Included in the 2021 Appropriations legislation that was signed into law on December 28 were the following tax law provisions that will affect 2020 federal individual returns:
Earned Income Tax Credit and Child Tax Credit Change
Individuals whose 2020 earned income is less than their 2019 earned income have the option of using the 2019 amount to calculate their 2020 Earned Income Tax Credit and/or their Child Tax Credit.
Credits for Sick Leave and Family Leave for Certain Self-Employed Individuals
When calculating one or both of these credits on new Form 7202 the taxpayer may elect to use either their 2019 or 2020 net earnings from self-employment.
Disaster Relief Provisions
The following disaster relief provisions were made available to taxpayers that were affected by a federally declared disaster that occurred in 2020:
Deduction for Personal Casualty Losses
Uncompensated losses that occurred in a federally declared disaster area:
- Must exceed $500 in order to take a deduction
- Removes the requirement that the loss exceed 10% of AGI
- May be taken as an itemized deduction or as an increase in a taxpayer’s standard deduction.

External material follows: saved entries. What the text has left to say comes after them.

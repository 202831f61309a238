//! Source: where input comes from. A clause sees what it has left, if it tells, and counts.

ghost use Rattle.std.specs.Prelude.{◌≡◌, ℕ, ◌+◌, ◌-◌, ◌^◌, min, List, Option, length};
ghost use Rattle.std.specs.Io.{ReadsAtMost};
ghost use Rattle.std.specs.Io.KnownBytes.{ReadConsumes};
ghost use Rattle.desk_base.specs.Streams.{HasCause, LowersRoom, risen};

/// A device failed. The count of its faults rose by one in that call.
#[derive(Clone, Copy, Debug, PartialEq, Eq)]
pub struct Failed;

/// Counts one fault, and gives the failure that a call answers for it.
pub fn count_fault(faults: &mut u64) -> Failed
    ensures one_more { faults.new ≡ min (faults.old + 1) (2 ^ 64 - 1) }
    ensures risen { faults.new ≡ risen faults.old }
{
    *faults = faults.saturating_add(1);
    Failed
}

/// A stream of bytes to read.
pub trait Source {
    /// The bytes that are left, where the source tells them.
    ghost left: { Self → Option (List ℕ) };

    /// How many bytes it may still give.
    ghost room: { Self → ℕ };

    /// How many calls have failed so far. The count stands still at 2^64 - 1.
    ghost faults: { Self → ℕ };

    /// Fills the front of `into` with the bytes that come next, and says how many they are.
    ///
    /// For an `into` that is not empty, `Ok(0)` means that the input has ended. A failed call takes
    /// nothing.
    fn read(&mut self, into: &mut [u8]) -> Result<usize, Failed>
        ensures fits { ReadsAtMost result into.new }
        ensures taken { ReadConsumes (left self.old) (left self.new) result into.new }
        ensures room { LowersRoom (room self.old) (room self.new) result }
        ensures cause { HasCause (faults self.old) (faults self.new) result };
}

Retirement Fund Provisions
- For qualified federal disaster distributions, an individual can withdrawal funds (up to $100,000) from a retirement account free of the 10 percent early withdrawal penalty and can spread the taxable portion on that distribution over a three year period.
- Any qualified federal disaster relief withdrawal will not be taxable if it is recontributed within three years of the date of distribution.
- Increases the maximum loan amount for qualified federal disaster relief to $100,000.
- Allows for re-contribution of retirement plan withdrawals for cancelled home purchases or construction of a principal residence due to a federally declared disaster.
Charitable Contributions for Disaster Relief Suspends the limitation on charitable contributions associated with a federally declared disaster that are made in 2020.
Recovery Rebate Credit – 2nd Economic Impact (Stimulus) Payments
As was the case with the 1st economic impact payment (EIP1) that was sent to individuals earlier in 2020, the 2nd economic impact payment (EIP2) is also being treated as an advance payment of the Recovery Rebate credit.
For the vast majority of taxpayers this credit will be calculated as zero since they already received their full EIP1 payment during 2020 and their full EIP2 payment in January of 2021.
This credit appears on line 30 of the 2020 Form 1040/1040SR and the credit is calculated based on a worksheet included in the 2020 1040 instructions on page 59. The credit will be calculated based on income, filing status and the number of qualifying children reported on the 2020 federal return.
The total available recovery rebate credit is:
- EIP1 – $1,200 ($2,400 for MFJ) plus $500 for each eligible dependent child under 17Plus
- EIP2 – $600 ($1,200 for MFJ) plus $600 for each eligible dependent child under 17
Taxpayers with the following circumstances will be eligible for this credit on their 2020 federal return:
- Taxpayers who did not receive an EIP1 ($2,400 – MFJ or $1,200 for all other filing status’
- Taxpayers who did not receive an EIP2 ($1,200 – MFJ or $600 for all other filing status’
- Taxpayer did not receive a $500 (EIP1) and/or $600 (EIP2) payment for all of their eligible children
- The taxpayer’s economic stimulus payment was limited based on their income on their 2018 or 2019 return and their 2020 income is below the income phase out or income limit for the credit.